■ **WORK ORDER**
Report how many lines in the records carry the string "Part", and give no further text.

■ **Collected data entries**
┏━━
//! Why the program cannot begin: it has no words.

ghost use Rattle.std.specs.Prelude.{◌≡◌, ◌≢◌};
ghost use Rattle.std.specs.IoError.{error_kind};
ghost use Rattle.std.specs.declared.io.ErrorKind.TheVariants.{OutOfMemory};
ghost use Rattle.scald.specs.Said.{unstarted_status};

use crate::said::NO_MEMORY;
use scald_base::NoMemory;
use std::io;

/// Why the program cannot begin.
#[derive(Clone, Copy, Debug)]
pub enum Unstarted {
    /// The arguments are unavailable, or not text.
    NoArguments,
    /// There is no memory for them.
    NoMemory,
}

impl Unstarted {
    /// The status that the program then ends with. No outcome has the status 20.
    pub fn status(self) -> u8
        ensures { result ≡ unstarted_status self }
    {
        match self {
            Unstarted::NoArguments => 20,
            Unstarted::NoMemory => 8,
        }
    }

    /// The line that says so on standard error.
    pub fn why(self) -> &'static str {
        match self {
            Unstarted::NoArguments => "scald: arguments unavailable or not text",
            Unstarted::NoMemory => NO_MEMORY,
        }
    }
}

impl From<NoMemory> for Unstarted {
    ghost use Rattle.scald.specs.declared.unstarted.Unstarted.{Unstarted};

    ghost from_gives = { λ _ e. e ≡ Unstarted.NoMemory };

    fn from(_e: NoMemory) -> Unstarted {
        Unstarted::NoMemory
    }
}

impl From<io::Error> for Unstarted {
    ghost use Rattle.scald.specs.declared.unstarted.Unstarted.{Unstarted};

    ghost from_gives = { λ error e.
        (error_kind error ≡ OutOfMemory → e ≡ Unstarted.NoMemory) ×
        (error_kind error ≢ OutOfMemory → e ≡ Unstarted.NoArguments) };

    fn from(e: io::Error) -> Unstarted {
        match e.kind() {
            io::ErrorKind::OutOfMemory => Unstarted::NoMemory,
            _ => Unstarted::NoArguments,
        }
    }
}
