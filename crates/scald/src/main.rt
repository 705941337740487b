//! The timing verifier as a program: it reads a drawing, or several, from standard input and writes
//! the report to standard output. Its words are its arguments, and it ends with the status of the
//! outcome. If there is no answer to the drawing, standard error says why, and what may help;
//! standard output has the answer alone.
//!
//! The first word names a main call: `notes` is `drawing_notes::notes_main`, `margins` is
//! `margin_report::margin_main`, `chains` is `fault_chain::chain_main`, `slack` and `explain`
//! are `slack_report::slack_main`, `sections` is `section_compose::sections_main`, `decide` is
//! `fault_decider::decide_main`, `run`, `vcd` and `judge` are `trace_tool::trace_main`, `draw`
//! is `draw_report::draw_main`, `import` is `netlist_import::import_main`, and all other words
//! are those of `scald_tool::tool_main`. The contract of each says what its answer means.
#![tactic(auto)]

ghost use Rattle.std.specs.Prelude.{◌≡◌};
ghost use Rattle.std.specs.Process.{exit_status};
ghost use Rattle.program_call.specs.Call.{devices};
ghost use Rattle.scald.specs.Named.{EndsWith, status_of};
ghost use Rattle.scald.specs.Said.{unstarted_status};

mod named;
mod said;
mod traced;
mod unstarted;

use diagnostics::KeptSource;
use named::{Answer, answer_to};
use said::{say, say_answer, say_omissions};
use scald_base::{Outcome, Sink, Source, StdSink, StdSource};
use scald_tool::{Omissions, Words, words_of};
use std::io::Eprint;
use std::process::ExitCode;
use std::rt::Env;
use std::{env, io};
use unstarted::Unstarted;

/// The words of the program's arguments, as the system gives them.
fn words(rt: &(impl Env + AllocGlobal)) -> Result<Words, Unstarted> {
    Ok(words_of(rt.alloc(), env::args(rt)?)?)
}

/// Says why there are no words, and gives the status of that.
fn end_unstarted(rt: &impl Eprint, cause: Unstarted) -> ExitCode
    ensures { exit_status result ≡ unstarted_status cause }
{
    say(rt, cause.why());
    ExitCode::from(cause.status())
}

/// Says why there is no answer, if there is none, or else what the drawing leaves out, and gives
/// the status of the outcome.
fn end(
    rt: &(impl Eprint + AllocGlobal),
    words: &Words,
    text: Option<&[u8]>,
    answer: &Answer,
    omissions: &Omissions,
) -> ExitCode
    ensures { exit_status result ≡ status_of answer.now }
{
    say_answer(rt, words, text, answer);
    if let Answer::Drawing(Outcome::Clean | Outcome::Faulty(_)) = answer {
        say_omissions(rt, omissions);
    }
    ExitCode::from(answer.status())
}

/// Answers these words over any source and any sink, and gives the status of the outcome.
fn answered<S: Source, K: Sink>(
    rt: &(impl Eprint + AllocGlobal),
    words: &Words,
    source: &mut KeptSource<S>,
    sink: &mut K,
) -> ExitCode
    ensures { EndsWith (exit_status result) words.now
        (devices ⟦<KeptSource<S> as Source>⟧.left ⟦<KeptSource<S> as Source>⟧.faults
        K.taken K.faults) source.old source.new sink.old sink.new }
{
    let mut omissions = Omissions::asked();
    let answer = answer_to(rt.alloc(), words, source, sink, &mut omissions);
    end(rt, words, source.kept(), &answer, &omissions)
}

// No clause says that the words are the process' arguments and the devices its standard streams:
// std's contracts name neither.
fn main(rt: HostRuntime) -> ExitCode {
    let words = match words(&rt) {
        Ok(words) => words,
        Err(cause) => return end_unstarted(&rt, cause),
    };
    let mut source = KeptSource::new(rt.alloc(), StdSource::new(rt.reader()));
    let mut sink = StdSink::new(io::writer(&rt));
    answered(&rt, &words, &mut source, &mut sink)
}
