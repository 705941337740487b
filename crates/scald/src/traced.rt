//! What the program says on standard error if the simulator ends without an answer.

ghost use Rattle.std.specs.Prelude.{◌≡◌};
ghost use Rattle.scald.specs.Said.{IsDrawingIn, asks_to_judge};

use crate::said::{say, say_end, say_lines, say_refusal};
use diagnostics::{Lines, Part};
use scald_base::Words;
use std::alloc::Global;
use std::io::Eprint;
use trace_tool::{TraceOutcome, split_trace};

/// What is said if more bytes came than are read.
const TOO_LONG: &str =
    "scald: the drawing has more than 4194304 bytes, or with a trace more than 16777216";

/// What is said if the run is too big.
const TOO_BIG: &str = "scald: the run would have more than 4000000 bits";

/// Which line of a trace is wrong, from 1, or that none ends it if the number is 0.
fn explain_line(alloc: Global, number: u32) -> Lines {
    let mut out = Lines::new(alloc);
    if number == 0 {
        out.line(&[Part::Text(b"scald: no line END TRACE ends the trace")]);
    } else {
        out.line(&[
            Part::Text(b"scald: line "),
            Part::Number(u64::from(number)),
            Part::Text(b" is not a valid line of a trace of the drawing"),
        ]);
    }
    out
}

/// How many cases there are.
pub fn explain_cases(alloc: Global, count: u32) -> Lines {
    let mut out = Lines::new(alloc);
    out.line(&[
        Part::Text(b"scald: the drawing has no such case: it has "),
        Part::Number(u64::from(count)),
    ]);
    out
}

/// Whether the first word is `judge`.
fn asks_to_judge(words: &Words) -> bool
    ensures { result ≡ asks_to_judge words.now }
{
    let [first, ..] = words.as_slice() else {
        return false;
    };
    first.as_slice() == b"judge".as_slice()
}

/// The drawing in a text: what follows the trace if a trace is judged, and else all of it.
fn drawing_of<'a>(words: &Words, text: &'a [u8]) -> &'a [u8]
    ensures { IsDrawingIn (asks_to_judge words.now) text.now result.now }
{
    if !asks_to_judge(words) {
        return text;
    }
    match split_trace(text) {
        Some((_, drawing)) => drawing,
        None => text,
    }
}

/// Says why the simulator has no answer, if it has none: `text` is what was read, if that was
/// kept.
pub fn say_trace(
    rt: &(impl Eprint + AllocGlobal),
    words: &Words,
    text: Option<&[u8]>,
    outcome: &TraceOutcome,
) {
    match outcome {
        TraceOutcome::Ended(end) => say_end(rt, words, *end, TOO_LONG),
        TraceOutcome::Refused(refusal) => {
            if let Some(text) = text {
                say_refusal(rt, Some(drawing_of(words, text)), *refusal);
            }
        }
        TraceOutcome::BadTrace(number) => say_lines(rt, &explain_line(rt.alloc(), *number)),
        TraceOutcome::NoCase(count) => say_lines(rt, &explain_cases(rt.alloc(), *count)),
        TraceOutcome::TooBig => say(rt, TOO_BIG),
        TraceOutcome::Done | TraceOutcome::Broken | TraceOutcome::NotRun => {}
    }
}
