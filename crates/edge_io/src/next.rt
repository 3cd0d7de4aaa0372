//! The next line of a source.
ghost use Rattle.std.specs.Prelude.{◌≡◌, ◌≤◌, false};
ghost use Rattle.edge_io.specs.Reading.{Answers};

use crate::ends::Source;
use crate::lines::{LineSoFar, take_piece};
use crate::reader::{LineReader, Refill};
use std::alloc::AllocError;

/// What a reader met next.
#[derive(Debug, Drop)]
pub enum Next {
    /// The next line, without its newline. A last line needs none.
    Line(Vec<u8>),
    /// The next line has more than `max` bytes. All of it was skipped.
    TooLong,
    /// Nothing is left.
    End,
    /// A read failed before the line was whole.
    ReadFault,
    /// The source has more bytes than the reader may hand on.
    InputFull,
    /// Memory ran out before the line was whole.
    Memory,
}

/// The next line of `source`, of at most `max` bytes. After any answer but `Line` and `TooLong` the
/// reader has ended, and may not be asked again.
pub fn next_line<S: Source>(reader: &mut LineReader, source: &mut S, max: u64) -> Next
    requires { reader.old.ended ≡ false }
    ensures answer { Answers result max (S.faults source.old) (S.faults source.new)
        reader.old reader.new (S.left source.old) (S.left source.new) }
    ensures kept { S.faults source.old ≤ S.faults source.new }
{
    if reader.is_at_end() {
        reader.finish();
        return Next::End;
    }
    let mut line = LineSoFar::new(reader.allocator());
    'pieces: loop {
        match take_piece(reader, &mut line, max) {
            Ok(true) => return line.into_next(),
            Ok(false) => {}
            Err(AllocError) => {
                reader.finish();
                return Next::Memory;
            }
        }
        match reader.refill(source) {
            Refill::Bytes => {}
            Refill::End => break,
            Refill::Fault => {
                reader.finish();
                return Next::ReadFault;
            }
            Refill::Full => {
                reader.finish();
                return Next::InputFull;
            }
        }
    }
    if line.is_empty() {
        reader.finish();
        return Next::End;
    }
    line.into_next()
}
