//! The state of a reader of lines: a chunk of bytes, a place in it, and what may still be taken.
ghost use Rattle.std.specs.Prelude.{◌≡◌, ◌≤◌, ◌<◌, [], true, false, length, take, drop, IfOk, MatchResult};
ghost use Rattle.std.specs.Io.KnownBytes.{Consumes, IsAtEnd};
ghost use Rattle.edge_io.specs.Causes.{HasCause};
ghost use Rattle.edge_io.specs.Reader.{Reader};

use crate::ends::{Failed, Source};
use std::alloc::{AllocError, Global};
use std::marker::Model;

/// How many bytes a reader asks a source for at once.
const CHUNK: usize = 65536;

/// What a refill met.
pub(crate) enum Refill {
    Bytes,
    End,
    Fault,
    Full,
}

/// Cuts the bytes of a source into lines, a chunk at a time. It hands on at most as many bytes as its
/// limit says, and takes at most one byte more, which belongs to no line.
#[derive(Drop)]
pub struct LineReader {
    chunk: Vec<u8>,
    start: usize,
    end: usize,
    room: u64,
    at_end: bool,
    ended: bool,
}

impl Model for LineReader {
    ghost use Rattle.std.specs.Prelude.{◌≡◌, ◌≤◌, ◌<◌, true, take, drop, vec_len};
    ghost use Rattle.edge_io.specs.Reader.{Reader};

    ghost Value = { Reader };

    ghost view = { λ r. record {
      pending = drop r.start (take r.end r.chunk.items);
      room = r.room;
      at_end = r.at_end;
      ended = r.ended;
    } };

    ghost invariant = { λ r. (r.start ≤ r.end) × (r.end ≤ vec_len r.chunk) × (0 < vec_len r.chunk) × (r.at_end ≡ true → r.start ≡ r.end) };
}

impl LineReader {
    /// A reader that hands on at most `limit` bytes.
    pub fn new(alloc: Global, limit: u64) -> Result<LineReader, AllocError>
        ensures { IfOk result (λ r. r ≡ record {
          pending = [];
          room = limit;
          at_end = false;
          ended = false;
        }) }
    {
        let chunk = vec![in alloc; 0; CHUNK]?;
        Ok(LineReader {
            chunk,
            start: 0,
            end: 0,
            room: limit,
            at_end: false,
            ended: false,
        })
    }

    pub(crate) fn allocator(&self) -> Global {
        *self.chunk.allocator()
    }

    pub(crate) fn is_at_end(&self) -> bool
        ensures value { result ≡ self.now.at_end }
        // Nothing is pending behind the last line.
        ensures empty { self.now.at_end ≡ true → self.now.pending ≡ [] }
    {
        self.at_end
    }

    pub(crate) fn pending(&self) -> &[u8]
        ensures { result.now ≡ self.now.pending }
    {
        &self.chunk[self.start..self.end]
    }

    /// Marks the first `count` pending bytes as used.
    pub(crate) fn advance(&mut self, count: usize)
        requires { count ≤ length self.old.pending }
        ensures { self.new ≡ record self.old { pending = drop count self.old.pending } }
    {
        self.start += count;
    }

    /// Says that the reader answered something else than a line.
    pub(crate) fn finish(&mut self)
        ensures { self.new ≡ record self.old { ended = true } }
    {
        self.ended = true;
    }
}

impl LineReader {
    ghost use Rattle.edge_io.specs.Refilling.{Refills};

    /// Reads once. Where there is no room, one byte past the limit tells a full input from its end.
    pub(crate) fn refill<S: Source>(&mut self, source: &mut S) -> Refill
        requires empty { self.old.pending ≡ [] }
        requires fresh { self.old.at_end ≡ false }
        ensures refills { Refills result (S.faults source.old) (S.faults source.new)
            self.old self.new (S.left source.old) (S.left source.new) }
        ensures kept { S.faults source.old ≤ S.faults source.new }
    {
        self.start = 0;
        self.end = 0;
        let wanted = self.chunk.len().min(self.room.max(1) as usize);
        match fill(source, &mut self.chunk, wanted) {
            Ok(0) => {
                self.at_end = true;
                Refill::End
            }
            Ok(count) => {
                if self.room == 0 {
                    return Refill::Full;
                }
                self.end = count;
                self.room -= count as u64;
                Refill::Bytes
            }
            Err(Failed) => Refill::Fault,
        }
    }
}

/// Reads once into the first `wanted` bytes of `chunk`.
fn fill<S: Source>(source: &mut S, chunk: &mut [u8], wanted: usize) -> Result<usize, Failed>
    requires some { 0 < wanted }
    requires within { wanted ≤ length chunk.old }
    ensures bound { IfOk result (λ n. n ≤ wanted) }
    ensures bytes { MatchResult result
        (λ n. Consumes (S.left source.old) (S.left source.new) (take n chunk.new)
        × (n ≡ 0 → IsAtEnd (S.left source.new)))
        (λ _. Consumes (S.left source.old) (S.left source.new) []) }
    ensures cause { HasCause (S.faults source.old) (S.faults source.new) result }
    ensures kept { S.faults source.old ≤ S.faults source.new }
{
    match source.read(&mut chunk[..wanted]) {
        Ok(count) => Ok(count),
        Err(Failed) => Err(Failed),
    }
}
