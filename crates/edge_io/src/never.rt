//! Ends that never fail: bytes in memory, and a sink that only counts.
ghost use Rattle.std.specs.Prelude.{◌≡◌, ◌+◌, ◌-◌, ◌^◌, ◌++◌, length, take, drop, min, Ok, Some, None};

use crate::ends::{Failed, Sink, Source};
use std::marker::Model;

/// A source that gives some bytes and never fails.
#[derive(Drop)]
pub struct NeverSource {
    bytes: Vec<u8>,
    at: usize,
}

impl Model for NeverSource {
    ghost use Rattle.std.specs.Prelude.{◌≤◌, ℕ, List, drop, vec_len};

    ghost Value = { List ℕ };

    ghost view = { λ s. drop s.at s.bytes.items };

    ghost invariant = { λ s. s.at ≤ vec_len s.bytes };
}

impl NeverSource {
    /// A source of `bytes`.
    pub fn new(bytes: Vec<u8>) -> NeverSource
        ensures { result ≡ bytes.items }
    {
        NeverSource { bytes, at: 0 }
    }
}

impl Source for NeverSource {
    ghost left = { λ s. Some s };

    ghost faults = { λ _. 0 };

    fn read(&mut self, buf: &mut [u8]) -> Result<usize, Failed>
        ensures count { result ≡ Ok (min (length buf.old) (length self.old)) }
        ensures front { buf.new ≡ take (length buf.old) self.old ++ drop (length self.old) buf.old }
        ensures rest { self.new ≡ drop (length buf.old) self.old }
    {
        let left = self.bytes.len() - self.at;
        let count = buf.len().min(left);
        buf[..count].copy_from_slice(&self.bytes[self.at..self.at + count]);
        self.at += count;
        Ok(count)
    }
}

/// A sink that counts the bytes that it takes, keeps none of them and never fails.
#[derive(Drop)]
pub struct NeverSink {
    count: u64,
}

impl Model for NeverSink {
    ghost use Rattle.std.specs.Prelude.{ℕ};

    ghost Value = { ℕ };

    ghost view = { λ s. s.count };
}

impl NeverSink {
    /// A sink that took no byte so far.
    pub fn new() -> NeverSink
        ensures { result ≡ 0 }
    {
        NeverSink { count: 0 }
    }

    /// How many bytes it took, or the greatest `u64` where they are more.
    pub fn count(&self) -> u64
        ensures { result ≡ self.now }
    {
        self.count
    }
}

impl Sink for NeverSink {
    ghost written = { λ _. None };

    ghost flushed = { λ _. None };

    ghost faults = { λ _. 0 };

    fn write(&mut self, bytes: &[u8]) -> Result<usize, Failed>
        ensures count { result ≡ Ok (length bytes.now) }
        ensures counted { self.new ≡ min (self.old + length bytes.now) (2 ^ 64 - 1) }
    {
        self.count = self.count.saturating_add(bytes.len() as u64);
        Ok(bytes.len())
    }

    fn flush(&mut self) -> Result<(), Failed>
        ensures done { result ≡ Ok tt }
        ensures same { self.new ≡ self.old }
    {
        Ok(())
    }
}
┗━━
■ **TASK ANSWER**
7